* [Instructions for the task]:
Only the lines of the data below from the one with "page) → Unchanged" through the one with "if !is_page(space, page, into)" are wanted. Repeat them exactly.

* [Dataset records]:
§
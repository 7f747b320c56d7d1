//! The pages of a chunk, one at a time.
ghost use Rattle.std.specs.Prelude.{◌≡◌, ◌+◌, ◌*◌, ◌≤◌, ◌↔◌, ◌∷◌, ◌++◌, length, replicate, IsTrue, OnOk, IfErr, IsErrOf};
ghost use Rattle.site_disk.specs.Bytes.{written, Same, Torn};
ghost use Rattle.site_disk.specs.Causes.{HasCause};
ghost use Rattle.site_disk.specs.Images.{Leaves, Unchanged};
ghost use Rattle.site_disk.specs.Ledger.{MayUse, Uses};
ghost use Rattle.before_images.specs.Saved.{place_of};
ghost use Rattle.log_history.specs.Effects.{empty_page};
ghost use Rattle.space_pages.specs.Layout.{page_bytes};
ghost use Rattle.lane_ways.specs.Pictures.{pages_at};
ghost use Rattle.space_lane.specs.Answers.{FailsOn, IsReading};
ghost use Rattle.space_lane.specs.Chunks.{IsPage, page_at, page_name};

use crate::faults::LaneFault;
use crate::places::place_of;
use byte_fields::{has_bytes, write_bytes, write_zeros_from};
use site_disk::{Disk, Era, Failed, extend_to};

/// What stands behind the stamp of a page.
pub(crate) fn name_of(space: u16, page: u32) -> [u8; 8]
    ensures { result ≡ page_name space page }
{
    let mut name = [0; 8];
    name[0..2].copy_from_slice(&space.to_be_bytes());
    name[4..8].copy_from_slice(&page.to_be_bytes());
    name
}

// Whether these are the bytes of a page.
fn is_page(space: u16, page: u32, bytes: &[u8]) -> bool
    requires { length bytes.now ≡ 4096 }
    ensures { IsTrue result ↔ IsPage space page bytes.now }
{
    has_bytes(bytes, 8, &name_of(space, page))
}

/// Reads a page, which has to be one.
pub(crate) fn read_page<D: Disk>(
    disk: &mut D,
    era: &Era,
    space: u16,
    page: u32,
    into: &mut [u8],
) -> Result<(), LaneFault>
    requires era { MayUse era.now (D.ledger disk.old) }
    requires into { length into.old ≡ 4096 }
    ensures found { IsTrue D.is_modelled → OnOk result (into.new ≡ page_at page (D.bytes disk.old)) }
    ensures page { OnOk result (IsPage space page into.new) }
    ensures bad { IsTrue D.is_modelled → IsErrOf result (LaneFault.BadPage page)
        → IsPage space page (page_at page (D.bytes disk.old)) → ⊥ }
    ensures only { IfErr result (IsReading page) }
    ensures bytes { OnOk result (D.bytes disk.new ≡ D.bytes disk.old) }
    ensures images { OnOk result (Unchanged (D.image disk.old) (D.image disk.new)) }
    ensures refused_bytes { IsErrOf result (LaneFault.BadPage page) → D.bytes disk.new ≡ D.bytes disk.old }
    ensures refused_images { IsErrOf result (LaneFault.BadPage page) → Unchanged (D.image disk.old) (D.image disk.new) }
    ensures crash { Leaves era.now.number Same (D.image disk.old) (D.image disk.new) }
    ensures ledger { Uses era.now 4096 0 (D.ledger disk.old) (D.ledger disk.new) }
    ensures failed { IfErr result (FailsOn (D.ledger disk.old).faults (D.ledger disk.new).faults) }
{
    let found = disk.read_at(era, place_of(page), into)?;
    if found < into.len() {
        return Err(LaneFault::BadPage { page });
    }
    if !is_page(space, page, into) {
        return Err(LaneFault::BadPage { page });
    }
    Ok(())
}

/// Writes a page.
pub(crate) fn put_page<D: Disk>(
    disk: &mut D,
    era: &Era,
    page: u32,
    bytes: &[u8; 4096],
) -> Result<(), Failed>
    requires { MayUse era.now (D.ledger disk.old) }
    ensures bytes { IsTrue D.is_modelled → place_of pages_at page ≤ length (D.bytes disk.old)
        → OnOk result (D.bytes disk.new ≡ written (place_of pages_at page) bytes.now (D.bytes disk.old)) }
    ensures crash { IsTrue D.is_modelled → place_of pages_at page ≤ length (D.bytes disk.old)
        → Leaves era.now.number (Torn (place_of pages_at page) 4096) (D.image disk.old) (D.image disk.new) }
    ensures ledger { Uses era.now 0 (place_of pages_at page + 4096) (D.ledger disk.old) (D.ledger disk.new) }
    ensures bound { IsTrue D.is_modelled → place_of pages_at page ≤ length (D.bytes disk.old)
        → (D.ledger disk.new).written ≤ (D.ledger disk.old).written + 4096 }
    ensures cause { HasCause (D.ledger disk.old).faults (D.ledger disk.new).faults result }
{
    let place = place_of(page);
    extend_to(disk, era, place)?;
    disk.write_at(era, place, bytes)
}

/// The bytes of a page that was never written.
pub(crate) fn write_empty_page(space: u16, page: u32, bytes: &mut [u8; 4096])
    ensures { bytes.new ≡ page_bytes space page empty_page }
{
    write_zeros_from(bytes, 0);
    write_bytes(bytes, 8, &name_of(space, page));
    write_zeros_from(bytes, 16);
}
§
* [Exercise result]:
    ensures refused_images { IsErrOf result (LaneFault.BadPage page) → Unchanged (D.image disk.old) (D.image disk.new) }
    ensures crash { Leaves era.now.number Same (D.image disk.old) (D.image disk.new) }
    ensures ledger { Uses era.now 4096 0 (D.ledger disk.old) (D.ledger disk.new) }
    ensures failed { IfErr result (FailsOn (D.ledger disk.old).faults (D.ledger disk.new).faults) }
{
    let found = disk.read_at(era, place_of(page), into)?;
    if found < into.len() {
        return Err(LaneFault::BadPage { page });
    }
    if !is_page(space, page, into) {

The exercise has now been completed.